Conception de base : le placement en viager, c’est à dire à capital aliéné.
Pour cela, le futur retraité, confie à un organisme de placement (fond de pension) ses économies annuelles ou mensuelles qui seront placées et grossiront avec les intérêts composés.
Au moment choisi de la retraite, en fonction de l’espérance de vie moyenne, déterminée par la statistique, le montant de sa retraite sera fonction du capital acquis divisé par les nombre d’années d’espérance de vie.
Si on applique le code des assurances au système il ne devrait pas y avoir d’entourloupette.
Cette façon de procéder a été rendue obligatoire devant l’imprévoyance des salariés, incapables de gérer l’affaire.
L’invention de la répartition a été la première entourloupette du système. C’est une sorte de traite sur l’avenir qui cache la relation entre l’effort d’épargne et l’aisance future du retraité.
Sans la notion d’intérêt de l’argent placé, et surtout sans garantie d’un taux d’intérêt honnête, aucun régime de retraite n’est viable.
Le loyer, qui est un taux d’intérêt, est la garantie du logement. Il en va de même pour les retraites.
Il en va de même pour l’économie: plus vous réduisez le taux d’intérêt et plus l’emprunt est facile. Il ne faut pas chercher plus loin les causes des faillites des états dans la zone Euro.
François TATARD

réponse

Votre premier argument est exactement ce que dit le premier point de l'article ci-dessus.

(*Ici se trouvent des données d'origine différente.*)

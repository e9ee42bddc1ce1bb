//! The effect of a new customer, or of another service interval of a customer.
ghost use Rattle.std.specs.Prelude.{◌≡◌, ℕ, ◌∷◌, [], IsSome, false, IfOk, IfErr, OnOk};
ghost use Rattle.ob_net.specs.Network.{home_feeder};
ghost use Rattle.ob_base.specs.Stop.{out_of_memory};
ghost use Rattle.ob_cust.specs.Roll.{is_bad_service};
ghost use Rattle.ob_time.specs.Calendar.{day_count};
ghost use Rattle.ob_post.specs.declared.Dim.{Dim as Dimension};
ghost use Rattle.ob_state.specs.States.{AreRunsOf, IsSoundState};
ghost use Rattle.ob_post.specs.Balances.{together, Balances};
ghost use Rattle.ob_state.specs.Effects.{amount_of_customer, IsEffect};
ghost use Rattle.ob_state.specs.Resolved.{next_by, IsNewCustomer, IsOtherService};

use crate::effect::Effect;
use crate::resolved::Resolved;
use crate::retiming::Retiming;
use crate::state::State;
use ob_base::Stop;
use ob_cust::{Customer, Roll};
use ob_post::laws::{roll_laws, section_laws, total_laws};
use ob_post::{Basis, Posting};
use ob_sweep::Timeline;
use std::alloc::Global;

/// Computes the effect of a new customer. Fails only if an allocation fails.
pub fn effect_of_connect<T: Timeline>(
    alloc: Global,
    state: &State,
    timeline: &T,
    customer: Customer,
) -> Result<Effect, Stop>
    requires takes { IsNewCustomer state.now.state customer }
    requires runs { AreRunsOf state.now.state (T.content timeline.now) }
    ensures effect { IfOk result (IsEffect state.now.state (next_by state.now.state
        (Resolved.Customer customer))) }
    ensures err { IfErr result (λ stop. stop ≡ out_of_memory) }
{
    roll_laws();
    total_laws();
    let _ = state.accepted();
    let mut posting = Posting::new(alloc);
    give_customer(alloc, state, timeline, customer, &mut posting)?;
    Ok(Effect {
        moves: posting.moves(&state.period)?,
        retiming: Retiming::Same,
    })
}

/// Computes the effect of another service interval of a customer. Fails only if an allocation
/// fails.
pub fn effect_of_revise<T: Timeline>(
    alloc: Global,
    state: &State,
    timeline: &T,
    old: Customer,
    new: Customer,
) -> Result<Effect, Stop>
    requires takes { IsOtherService state.now.state old new }
    requires runs { AreRunsOf state.now.state (T.content timeline.now) }
    ensures effect { IfOk result (IsEffect state.now.state (next_by state.now.state
        (Resolved.Service old new))) }
    ensures err { IfErr result (λ stop. stop ≡ out_of_memory) }
{
    roll_laws();
    total_laws();
    let _ = state.accepted();
    let mut posting = Posting::new(alloc);
    take_customer(alloc, state, timeline, old, &mut posting)?;
    give_customer(alloc, state, timeline, new, &mut posting)?;
    Ok(Effect {
        moves: posting.moves(&state.period)?,
        retiming: Retiming::Same,
    })
}

// Subtracts the amounts of one customer.
fn take_customer<T: Timeline>(
    alloc: Global,
    state: &State,
    timeline: &T,
    customer: Customer,
    posting: &mut Posting,
) -> Result<(), Stop>
    requires sound { IsSoundState state.now.state }
    requires section { IsSome (home_feeder state.now.state.network customer.section) }
    requires service { is_bad_service customer ≡ false }
    requires runs { AreRunsOf state.now.state (T.content timeline.now) }
    ensures taken { (old new : Dimension → ℕ → ℕ)
        → Balances (day_count state.now.state.period) posting.old old new
        → OnOk result (Balances (day_count state.now.state.period) posting.new
        (together old (amount_of_customer state.now.state customer)) new) }
    ensures err { IfErr result (λ stop. stop ≡ out_of_memory) }
{
    section_laws();
    roll_laws();
    // The node is no section, so no amount changes.
    let Some(feeder) = state.net.feeder_of(customer.section) else {
        return Ok(());
    };
    let roll = Roll::of_one(alloc, customer)?;
    let runs = timeline.runs_of(customer.section);
    let basis = Basis {
        sheet: &state.sheet,
        feeder,
        roll: &roll,
        period: &state.period,
    };
    posting.take(runs, &basis)
}

// Adds the amounts of one customer.
fn give_customer<T: Timeline>(
    alloc: Global,
    state: &State,
    timeline: &T,
    customer: Customer,
    posting: &mut Posting,
) -> Result<(), Stop>
    requires sound { IsSoundState state.now.state }
    requires section { IsSome (home_feeder state.now.state.network customer.section) }
    requires service { is_bad_service customer ≡ false }
    requires runs { AreRunsOf state.now.state (T.content timeline.now) }
    ensures given { (old new : Dimension → ℕ → ℕ)
        → Balances (day_count state.now.state.period) posting.old old new
        → OnOk result (Balances (day_count state.now.state.period) posting.new old
        (together new (amount_of_customer state.now.state customer))) }
    ensures err { IfErr result (λ stop. stop ≡ out_of_memory) }
{
    section_laws();
    roll_laws();
    // The node is no section, so no amount changes.
    let Some(feeder) = state.net.feeder_of(customer.section) else {
        return Ok(());
    };
    let roll = Roll::of_one(alloc, customer)?;
    let runs = timeline.runs_of(customer.section);
    let basis = Basis {
        sheet: &state.sheet,
        feeder,
        roll: &roll,
        period: &state.period,
    };
    posting.give(runs, &basis)
}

Quant à l'argument que les prix des actifs financiers vont s'effondrer quand les retraités vont vendre, cela est faux à deux titres:
- Ce ne serait pas un équilibre sur le marchés financiers. Si on savait que les prix vont baisser dans quelques années, alors ils baisseraient dès aujourd'hui.
- Ensuite, cela néglige l'émergence de milliards de nouveaux investisseurs dans les pays émergents, Chine et Inde notamment, qui seront bientôt de gros acheteurs de titres financiers.